> _What the task asks_
In the records below, find the line containing "pub struct Certificate" and retype it and every line after it exactly, adding nothing.

> _Supplied material_
>>>>>
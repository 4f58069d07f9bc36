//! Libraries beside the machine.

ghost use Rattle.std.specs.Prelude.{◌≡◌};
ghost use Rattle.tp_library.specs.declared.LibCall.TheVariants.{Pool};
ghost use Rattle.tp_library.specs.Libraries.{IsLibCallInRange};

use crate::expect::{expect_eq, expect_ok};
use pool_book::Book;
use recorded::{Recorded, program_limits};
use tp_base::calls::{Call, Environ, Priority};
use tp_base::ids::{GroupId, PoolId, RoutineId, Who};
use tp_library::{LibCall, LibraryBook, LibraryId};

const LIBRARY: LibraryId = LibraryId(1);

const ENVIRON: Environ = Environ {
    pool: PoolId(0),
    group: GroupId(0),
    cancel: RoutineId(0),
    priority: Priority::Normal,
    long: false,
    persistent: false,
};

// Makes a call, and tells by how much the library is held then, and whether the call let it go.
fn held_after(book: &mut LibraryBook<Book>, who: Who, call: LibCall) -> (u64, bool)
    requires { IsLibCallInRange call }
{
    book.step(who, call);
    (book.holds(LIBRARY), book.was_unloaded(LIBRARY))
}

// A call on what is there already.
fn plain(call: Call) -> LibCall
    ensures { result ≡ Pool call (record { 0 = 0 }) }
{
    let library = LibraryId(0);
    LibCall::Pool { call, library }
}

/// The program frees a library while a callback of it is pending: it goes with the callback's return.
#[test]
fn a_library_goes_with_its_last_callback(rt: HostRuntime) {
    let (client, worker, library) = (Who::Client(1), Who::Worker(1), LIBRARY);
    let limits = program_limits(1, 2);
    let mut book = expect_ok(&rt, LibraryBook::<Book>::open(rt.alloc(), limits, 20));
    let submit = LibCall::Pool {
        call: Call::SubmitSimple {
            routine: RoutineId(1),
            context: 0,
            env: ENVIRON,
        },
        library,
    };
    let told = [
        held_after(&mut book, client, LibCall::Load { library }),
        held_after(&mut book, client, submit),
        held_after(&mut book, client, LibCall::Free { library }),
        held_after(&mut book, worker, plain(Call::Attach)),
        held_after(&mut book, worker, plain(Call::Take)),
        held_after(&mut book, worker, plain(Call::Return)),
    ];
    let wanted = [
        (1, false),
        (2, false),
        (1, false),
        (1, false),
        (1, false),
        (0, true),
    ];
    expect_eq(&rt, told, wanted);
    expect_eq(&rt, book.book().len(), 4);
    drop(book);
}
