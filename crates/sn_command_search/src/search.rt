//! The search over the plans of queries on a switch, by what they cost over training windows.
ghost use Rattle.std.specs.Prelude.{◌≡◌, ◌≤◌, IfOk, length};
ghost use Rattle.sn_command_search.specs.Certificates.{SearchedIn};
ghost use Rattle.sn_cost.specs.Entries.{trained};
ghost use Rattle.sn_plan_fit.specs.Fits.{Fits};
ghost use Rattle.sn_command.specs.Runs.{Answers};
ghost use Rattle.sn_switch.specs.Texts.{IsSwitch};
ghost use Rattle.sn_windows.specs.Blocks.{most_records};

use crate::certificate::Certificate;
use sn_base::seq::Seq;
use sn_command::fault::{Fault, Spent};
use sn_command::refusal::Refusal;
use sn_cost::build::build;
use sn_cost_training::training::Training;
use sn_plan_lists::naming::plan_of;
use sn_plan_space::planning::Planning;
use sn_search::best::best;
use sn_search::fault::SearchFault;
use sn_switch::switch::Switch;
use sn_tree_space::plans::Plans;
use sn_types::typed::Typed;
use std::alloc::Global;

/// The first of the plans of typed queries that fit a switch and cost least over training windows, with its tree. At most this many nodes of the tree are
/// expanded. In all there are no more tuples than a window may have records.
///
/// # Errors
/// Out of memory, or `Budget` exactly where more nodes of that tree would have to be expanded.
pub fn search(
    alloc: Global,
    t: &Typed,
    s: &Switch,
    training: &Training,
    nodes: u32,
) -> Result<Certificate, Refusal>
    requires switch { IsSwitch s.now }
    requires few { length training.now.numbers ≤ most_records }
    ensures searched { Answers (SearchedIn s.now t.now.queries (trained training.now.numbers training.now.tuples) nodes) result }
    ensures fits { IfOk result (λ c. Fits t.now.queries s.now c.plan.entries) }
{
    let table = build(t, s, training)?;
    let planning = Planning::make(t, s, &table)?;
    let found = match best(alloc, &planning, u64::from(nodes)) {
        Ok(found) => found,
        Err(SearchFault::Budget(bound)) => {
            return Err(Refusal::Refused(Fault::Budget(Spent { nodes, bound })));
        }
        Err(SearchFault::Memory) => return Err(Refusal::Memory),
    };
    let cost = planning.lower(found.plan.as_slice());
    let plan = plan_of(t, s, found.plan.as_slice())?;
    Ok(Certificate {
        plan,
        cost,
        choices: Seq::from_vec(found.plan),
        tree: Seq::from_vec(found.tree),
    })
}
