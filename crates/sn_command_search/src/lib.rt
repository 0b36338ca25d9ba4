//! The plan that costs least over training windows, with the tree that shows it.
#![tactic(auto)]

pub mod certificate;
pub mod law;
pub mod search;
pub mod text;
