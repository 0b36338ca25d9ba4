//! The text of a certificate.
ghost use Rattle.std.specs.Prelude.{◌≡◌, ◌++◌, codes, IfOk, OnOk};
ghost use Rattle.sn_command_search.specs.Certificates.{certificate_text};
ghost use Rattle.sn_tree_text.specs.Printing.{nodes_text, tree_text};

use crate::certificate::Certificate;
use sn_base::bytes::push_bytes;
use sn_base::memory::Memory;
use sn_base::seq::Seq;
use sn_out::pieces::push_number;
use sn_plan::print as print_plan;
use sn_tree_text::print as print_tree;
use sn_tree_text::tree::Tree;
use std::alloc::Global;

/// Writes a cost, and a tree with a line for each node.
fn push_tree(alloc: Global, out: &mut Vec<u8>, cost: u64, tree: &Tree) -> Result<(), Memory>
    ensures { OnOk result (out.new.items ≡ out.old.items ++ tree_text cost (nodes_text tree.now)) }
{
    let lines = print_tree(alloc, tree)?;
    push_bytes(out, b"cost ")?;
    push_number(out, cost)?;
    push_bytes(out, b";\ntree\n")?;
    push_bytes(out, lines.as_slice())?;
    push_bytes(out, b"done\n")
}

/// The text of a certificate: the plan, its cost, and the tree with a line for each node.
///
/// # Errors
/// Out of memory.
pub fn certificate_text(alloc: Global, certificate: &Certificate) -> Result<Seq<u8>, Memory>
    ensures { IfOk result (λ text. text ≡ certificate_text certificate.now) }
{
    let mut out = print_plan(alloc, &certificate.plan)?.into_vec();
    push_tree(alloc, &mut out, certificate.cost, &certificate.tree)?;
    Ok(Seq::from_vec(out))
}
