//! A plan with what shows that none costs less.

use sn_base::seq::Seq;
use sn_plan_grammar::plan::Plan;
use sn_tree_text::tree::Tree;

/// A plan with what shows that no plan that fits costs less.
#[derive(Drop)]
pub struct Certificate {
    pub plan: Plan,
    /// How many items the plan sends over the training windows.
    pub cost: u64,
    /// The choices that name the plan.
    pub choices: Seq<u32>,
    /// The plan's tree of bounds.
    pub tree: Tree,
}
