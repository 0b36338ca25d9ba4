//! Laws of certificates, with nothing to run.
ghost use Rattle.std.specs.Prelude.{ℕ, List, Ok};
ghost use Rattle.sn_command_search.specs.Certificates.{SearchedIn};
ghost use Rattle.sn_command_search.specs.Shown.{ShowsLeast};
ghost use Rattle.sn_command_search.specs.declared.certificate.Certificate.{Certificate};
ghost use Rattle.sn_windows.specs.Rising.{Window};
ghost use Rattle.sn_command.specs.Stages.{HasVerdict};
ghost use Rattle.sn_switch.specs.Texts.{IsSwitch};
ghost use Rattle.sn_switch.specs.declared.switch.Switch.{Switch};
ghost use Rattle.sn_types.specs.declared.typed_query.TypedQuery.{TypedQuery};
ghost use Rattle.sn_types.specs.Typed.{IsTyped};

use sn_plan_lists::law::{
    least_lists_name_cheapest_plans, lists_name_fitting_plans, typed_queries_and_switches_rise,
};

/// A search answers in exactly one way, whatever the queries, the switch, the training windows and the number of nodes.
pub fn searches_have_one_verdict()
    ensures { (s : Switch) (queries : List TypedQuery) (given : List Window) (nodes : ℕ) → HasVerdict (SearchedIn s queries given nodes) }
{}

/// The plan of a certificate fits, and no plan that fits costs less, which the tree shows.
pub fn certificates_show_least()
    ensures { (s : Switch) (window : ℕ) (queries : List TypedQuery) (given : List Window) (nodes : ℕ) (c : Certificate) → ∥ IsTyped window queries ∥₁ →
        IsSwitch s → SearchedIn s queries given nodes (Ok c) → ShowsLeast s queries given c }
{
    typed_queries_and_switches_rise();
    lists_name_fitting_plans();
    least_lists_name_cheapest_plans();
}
<<<<<
> _Final answer_
pub struct Certificate {
    pub plan: Plan,
    /// How many items the plan sends over the training windows.
    pub cost: u64,
    /// The choices that name the plan.
    pub choices: Seq<u32>,
    /// The plan's tree of bounds.
    pub tree: Tree,
}
repository 0b36338ca25d9ba4
//! Laws of certificates, with nothing to run.
ghost use Rattle.std.specs.Prelude.{ℕ, List, Ok};
ghost use Rattle.sn_command_search.specs.Certificates.{SearchedIn};
ghost use Rattle.sn_command_search.specs.Shown.{ShowsLeast};
ghost use Rattle.sn_command_search.specs.declared.certificate.Certificate.{Certificate};
ghost use Rattle.sn_windows.specs.Rising.{Window};
ghost use Rattle.sn_command.specs.Stages.{HasVerdict};
ghost use Rattle.sn_switch.specs.Texts.{IsSwitch};
ghost use Rattle.sn_switch.specs.declared.switch.Switch.{Switch};
ghost use Rattle.sn_types.specs.declared.typed_query.TypedQuery.{TypedQuery};
ghost use Rattle.sn_types.specs.Typed.{IsTyped};

use sn_plan_lists::law::{
    least_lists_name_cheapest_plans, lists_name_fitting_plans, typed_queries_and_switches_rise,
};

/// A search answers in exactly one way, whatever the queries, the switch, the training windows and the number of nodes.
pub fn searches_have_one_verdict()
    ensures { (s : Switch) (queries : List TypedQuery) (given : List Window) (nodes : ℕ) → HasVerdict (SearchedIn s queries given nodes) }
{}

/// The plan of a certificate fits, and no plan that fits costs less, which the tree shows.
pub fn certificates_show_least()
    ensures { (s : Switch) (window : ℕ) (queries : List TypedQuery) (given : List Window) (nodes : ℕ) (c : Certificate) → ∥ IsTyped window queries ∥₁ →
        IsSwitch s → SearchedIn s queries given nodes (Ok c) → ShowsLeast s queries given c }
{
    typed_queries_and_switches_rise();
    lists_name_fitting_plans();
    least_lists_name_cheapest_plans();
}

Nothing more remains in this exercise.